Saved data entries:
----------

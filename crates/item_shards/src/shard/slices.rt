//! The slices of items, users and categories: what a worker keeps of an object while it is split,
//! and what a shard keeps of each object. A slice merges into a record at a cost that does not grow
//! with the operations applied to it (Doppel: Narula et al., OSDI 2014).
ghost use Rattle.std.specs.{Bool.{OnTrue}, Int.{w64}, Prelude.{◌+◌, ◌<◌, ◌^◌, ◌+ℤ◌, FitsSigned}};
ghost use Rattle.item_shards.specs.Slices.{IsOnlyCounted, IsOutbid};

use auction_rows::{BidEntry, ItemEntry, MOST_SHOWN, Stars};
use split_records::{AddRec, MaxRec, OPutRec, Splittable};
use top_records::TopRec;

/// What bids on an item come to: the greatest amount, the greatest bid, how many they are, and the
/// ten greatest.
#[derive(Drop)]
pub struct ItemSlice {
    pub highest: MaxRec,
    pub bidder: OPutRec<BidEntry>,
    pub bids: AddRec<u64>,
    pub top: TopRec<BidEntry, MOST_SHOWN>,
}

impl ItemSlice {
    // Whether the amount of a bid tells that it is neither the greatest nor one of the ten
    // greatest, as of most bids on a busy item: then entries are not compared, and none is copied.
    #[inline(always)]
    fn only_counts(&self, bid: &BidEntry) -> bool
        ensures { OnTrue result (IsOnlyCounted self.now bid.now) }
    {
        if is_outbid(bid, self.top.least()) {
            return is_outbid(bid, self.bidder.value());
        }
        false
    }
}

// Whether a bid is of a lesser amount than another, if there is one.
#[inline(always)]
fn is_outbid(bid: &BidEntry, by: Option<BidEntry>) -> bool
    ensures { OnTrue result (IsOutbid bid.now by) }
{
    match by {
        Some(other) => bid.amount < other.amount,
        None => false,
    }
}

/// What comments about a user come to: the sum of their stars, and how many they are.
#[derive(Drop)]
pub struct UserSlice {
    pub rating: AddRec<i64>,
    pub comments: AddRec<u64>,
}

/// What the items of a category come to: the ten latest.
#[derive(Drop)]
pub struct CategorySlice {
    pub top: TopRec<ItemEntry, MOST_SHOWN>,
}

/// A slice of an object.
#[derive(Drop)]
pub enum Slice {
    Item(ItemSlice),
    User(UserSlice),
    Category(CategorySlice),
}

impl Splittable for ItemSlice {
    ghost use Rattle.item_shards.specs.SliceLaws.{item_laws, item_values};
    ghost use Rattle.item_shards.specs.Slices.{IsItemSlice, no_bids, with_bid, with_bids, item_slice};

    type Op = BidEntry;

    ghost ties_are_equal = { Unit {0} };

    ghost is_record = { IsItemSlice };

    ghost empty = { no_bids };

    ghost applied = { with_bid };

    ghost merged = { with_bids };

    ghost can_apply = { λ slice _. slice.bids + 1 < 2 ^ 64 };

    ghost can_merge = { λ slice other. slice.bids + other.bids < 2 ^ 64 };

    ghost value_of = { item_slice };

    ghost laws = { λ _. item_laws };

    ghost values = { λ _. item_values };

    fn identity() -> Self {
        ItemSlice {
            highest: MaxRec::identity(),
            bidder: OPutRec::identity(),
            bids: AddRec::<u64>::identity(),
            top: TopRec::identity(),
        }
    }

    #[inline(always)]
    fn apply(&mut self, bid: BidEntry) {
        self.highest.apply(bid.amount);
        self.bids.apply(1);
        if self.only_counts(&bid) {
            return;
        }
        self.bidder.apply(bid);
        self.top.apply(bid);
    }

    fn merge(&mut self, other: Self) {
        let ItemSlice {
            highest,
            bidder,
            bids,
            top,
        } = other;
        self.highest.merge(highest);
        self.bidder.merge(bidder);
        self.bids.merge(bids);
        self.top.merge(top);
    }
}

impl Splittable for UserSlice {
    ghost use Rattle.item_shards.specs.SliceLaws.{user_laws, user_values};
    ghost use Rattle.item_shards.specs.Slices.{no_comments, with_comment, with_comments, user_slice};

    type Op = Stars;

    ghost ties_are_equal = { Unit {0} };

    ghost is_record = { λ _. Unit {0} };

    ghost empty = { no_comments };

    ghost applied = { with_comment };

    ghost merged = { with_comments };

    ghost can_apply = { λ slice stars. FitsSigned w64 (slice.rating +ℤ stars.value)
        × (slice.comments + 1 < 2 ^ 64) };

    ghost can_merge = { λ slice other. FitsSigned w64 (slice.rating +ℤ other.rating)
        × (slice.comments + other.comments < 2 ^ 64) };

    ghost value_of = { user_slice };

    ghost laws = { λ _. user_laws };

    ghost values = { λ _. user_values };

    fn identity() -> Self {
        UserSlice {
            rating: AddRec::<i64>::identity(),
            comments: AddRec::<u64>::identity(),
        }
    }

    fn apply(&mut self, stars: Stars) {
        self.rating.apply(stars.value());
        self.comments.apply(1);
    }

    fn merge(&mut self, other: Self) {
        let UserSlice { rating, comments } = other;
        self.rating.merge(rating);
        self.comments.merge(comments);
    }
}

impl Splittable for CategorySlice {
    ghost use Rattle.item_shards.specs.SliceLaws.{category_laws, category_values};
    ghost use Rattle.item_shards.specs.Slices.{IsCategorySlice, no_items, with_item, with_items, category_slice};

    type Op = ItemEntry;

    ghost ties_are_equal = { Unit {0} };

    ghost is_record = { IsCategorySlice };

    ghost empty = { no_items };

    ghost applied = { with_item };

    ghost merged = { with_items };

    ghost can_apply = { λ _ _. Unit {0} };

    ghost can_merge = { λ _ _. Unit {0} };

    ghost value_of = { category_slice };

    ghost laws = { λ _. category_laws };

    ghost values = { λ _. category_values };

    fn identity() -> Self {
        CategorySlice {
            top: TopRec::identity(),
        }
    }

    fn apply(&mut self, item: ItemEntry) {
        self.top.apply(item);
    }

    fn merge(&mut self, other: Self) {
        let CategorySlice { top } = other;
        self.top.merge(top);
    }
}
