//! The items of a shard: room for one, what is known of it, why it refuses a request, its bids,
//! purchases and merged slices.
ghost use Rattle.std.specs.Prelude.{◌≡◌, ◌+◌, ◌<◌, ◌^◌, IfSome, OnOk, OnErr};
ghost use Rattle.auction_rows.specs.declared.requests.ItemId.{ItemId as ItemIdValue};
ghost use Rattle.indexmap.specs.IndexMap.{IsUnchanged};
ghost use Rattle.item_shards.specs.Answering.{bid_request, refusal_with, stock_needed, HasItemOf};

use crate::shard::Shard;
use crate::shard::records::ItemRecord;
use crate::shard::slices::ItemSlice;
use auction_rows::{
    BidEntry, Facts, ItemId, Quantity, Refusal, Request, bid_refusal, item_of, item_refusal,
};
use indexmap::IndexMap;
use std::alloc::AllocError;

/// The first reason for which an item refuses a request, by its facts and how many are left, if it
/// is stored.
#[inline(always)]
pub fn refusal_with(stock: &Option<(Facts, u32)>, request: &Request) -> Option<Refusal>
    ensures { result ≡ refusal_with stock.now request.now }
{
    match *stock {
        Some((facts, left)) => item_refusal(*request, Some(facts), left),
        None => item_refusal(*request, None, 0),
    }
}

// The first reason for which an item refuses a bid, as `refusal_with` gives it.
#[inline(always)]
fn bid_refusal_with(stock: &Option<(Facts, u32)>, bid: BidEntry) -> Option<Refusal>
    ensures { (item : ItemIdValue) → result ≡ refusal_with stock.now (bid_request item bid) }
{
    match *stock {
        Some((facts, left)) => bid_refusal(bid.amount, bid.time, Some(facts), left),
        None => bid_refusal(bid.amount, bid.time, None, 0),
    }
}

// For how many items a shard asks for room with its first one.
const FIRST_ITEMS: usize = 1024;

// Where no room is left, room for three times as many items more: all are copied then. If it is
// refused, room is asked for item by item.
fn expect_items(items: &mut IndexMap<ItemId, ItemRecord>)
    ensures { IsUnchanged items.old items.new }
{
    if items.len() == items.capacity() {
        let _ = items.reserve(FIRST_ITEMS.max(items.len().saturating_mul(3)));
    }
}

impl Shard {
    ghost use Rattle.auction_rows.specs.Book.{facts_of};
    ghost use Rattle.auction_rows.specs.declared.requests.Object.TheVariants.{Item};
    ghost use Rattle.item_shards.specs.Contents.{with_facts, bid_on, bid_unless, bought_of, bids_merged};
    ghost use Rattle.item_shards.specs.ShardContents.{contents, kept, clock, rooms, with_room, LiesIn, HasItemRoom, HasBecome, HasChanged, IsSameShard, ForEachBook, KeepsBooks};
    ghost use Rattle.item_shards.specs.Slices.{item_slice, IsOfBoth};
    ghost use Rattle.item_shards.specs.Values.{quantity_left, left_in, stock, stock_in, HasInStock};

    /// Makes room for an item, which no other call shows. This is the only growth after `new`.
    /// Without memory nothing has changed.
    pub fn prepare_item(&mut self, item: ItemId) -> Result<(), AllocError>
        requires here { LiesIn self.old (Item item) }
        ensures granted { OnOk result (rooms self.new ≡ with_room item (rooms self.old)) }
        ensures refused { OnErr result (rooms self.new ≡ rooms self.old) }
        ensures contents { contents self.new ≡ contents self.old }
        ensures clock { clock self.new ≡ clock self.old }
        ensures same { IsSameShard self.old self.new }
        ensures books { KeepsBooks self.old self.new }
    {
        if self.parts.items.contains_key(&item) {
            return Ok(());
        }
        let parts = &mut *self.parts;
        let place = parts.items.len();
        expect_items(&mut parts.items);
        match parts.items.insert(item, ItemRecord::blank()) {
            Ok(_) => {
                parts.hints.note(item, parts.shards, place);
                Ok(())
            }
            Err(_) => Err(AllocError),
        }
    }

    /// The facts of an item, if it is stored. A stored item has room.
    pub fn facts(&self, item: ItemId) -> Option<Facts>
        requires here { LiesIn self.now (Item item) }
        ensures contents { result ≡ (contents self.now (Item item)).facts }
        ensures book { ForEachBook self.now (Item item) (λ book. result ≡ facts_of book item) }
        ensures room { IfSome result (λ _. HasItemRoom self.now item) }
    {
        match self.record(item) {
            Some(record) => record.facts,
            None => None,
        }
    }

    /// How many of an item are left, if it is stored.
    pub fn left_of(&self, item: ItemId) -> Option<u32>
        requires here { LiesIn self.now (Item item) }
        ensures contents { result ≡ quantity_left (contents self.now (Item item)) }
        ensures book { ForEachBook self.now (Item item) (λ book. result ≡ left_in book item) }
    {
        match self.record(item) {
            Some(record) => record.left(),
            None => None,
        }
    }

    /// The facts of an item and how many are left, if it is stored: by one look-up.
    #[inline(always)]
    pub fn stock(&self, item: ItemId) -> Option<(Facts, u32)>
        requires here { LiesIn self.now (Item item) }
        ensures contents { result ≡ stock (contents self.now (Item item)) }
        ensures book { ForEachBook self.now (Item item) (λ book. result ≡ stock_in book item) }
    {
        match self.record(item) {
            Some(record) => record.stock(),
            None => None,
        }
    }

    /// The first reason for which its item refuses a request: None if the request needs no item.
    #[inline(always)]
    pub fn refusal(&self, request: &Request) -> Option<Refusal>
        requires here { HasItemOf self.now request.now }
        ensures { result ≡ refusal_with (stock_needed (contents self.now) request.now) request.now }
    {
        match item_of(*request) {
            Some(item) => refusal_with(&self.stock(item), request),
            None => None,
        }
    }

    /// Bids on an item by one look-up, unless the item refuses the bid: then it gives the first
    /// reason.
    #[inline(always)]
    pub fn try_bid(&mut self, item: ItemId, bid: BidEntry) -> Option<Refusal>
        requires here { LiesIn self.old (Item item) }
        requires count { (contents self.old (Item item)).bids.bids + 1 < 2 ^ 64 }
        ensures by { result
            ≡ refusal_with (stock (contents self.old (Item item))) (bid_request item bid) }
        ensures after { HasBecome self.old self.new
            (bid_unless result item bid (contents self.old)) (clock self.old) }
    {
        let Some((place, record)) = self.find(item) else {
            return Some(Refusal::NoSuchItem);
        };
        if let Some(reason) = bid_refusal_with(&record.stock(), bid) {
            return Some(reason);
        }
        if let Some(found) = self.parts.items.get_index_mut(place) {
            found.bid(bid);
        }
        None
    }

    /// Merges a slice into the record of an item, which has room. It takes no memory.
    pub fn merge_item(&mut self, item: ItemId, slice: ItemSlice)
        requires here { LiesIn self.old (Item item) }
        requires room { HasItemRoom self.old item }
        requires count { (contents self.old (Item item)).bids.bids + slice.bids < 2 ^ 64 }
        ensures merged { HasChanged self.old self.new (Item item) (bids_merged slice) }
        ensures bids { IsOfBoth item_slice
            (contents self.old (Item item)).bids slice (contents self.new (Item item)).bids }
    {
        let place = self.place_of(item);
        if let Some(record) = self.parts.items.get_index_mut(place) {
            record.merge(slice);
        }
    }

    pub(crate) fn add_item(&mut self, item: ItemId, facts: Facts)
        requires here { LiesIn self.old (Item item) }
        requires room { HasItemRoom self.old item }
        ensures { HasChanged self.old self.new (Item item) (with_facts facts) }
    {
        let place = self.place_of(item);
        if let Some(record) = self.parts.items.get_index_mut(place) {
            record.store(facts);
        }
    }

    // Bids on an item, by code of its own: so an act is short enough to stand where it is done.
    #[inline(never)]
    pub(crate) fn bid(&mut self, item: ItemId, bid: BidEntry)
        requires here { LiesIn self.old (Item item) }
        requires room { HasItemRoom self.old item }
        requires count { (kept self.old (Item item)).bids.bids + 1 < 2 ^ 64 }
        ensures { HasChanged self.old self.new (Item item) (bid_on bid) }
    {
        let place = self.place_of(item);
        if let Some(record) = self.parts.items.get_index_mut(place) {
            record.bid(bid);
        }
    }

    #[inline(never)]
    pub(crate) fn buy(&mut self, item: ItemId, quantity: Quantity)
        requires here { LiesIn self.old (Item item) }
        requires room { HasItemRoom self.old item }
        requires left { HasInStock (kept self.old (Item item)) quantity }
        ensures { HasChanged self.old self.new (Item item) (bought_of quantity) }
    {
        let place = self.place_of(item);
        if let Some(record) = self.parts.items.get_index_mut(place) {
            record.buy(quantity);
        }
    }
}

----------

### TASK DETAILS
Return, word for word, every line from the top of the entries down to the line that holds "does not grow", both included.

### OUTPUT
filename crates/item_shards/src/shard/slices.rt
//! The slices of items, users and categories: what a worker keeps of an object while it is split,
//! and what a shard keeps of each object. A slice merges into a record at a cost that does not grow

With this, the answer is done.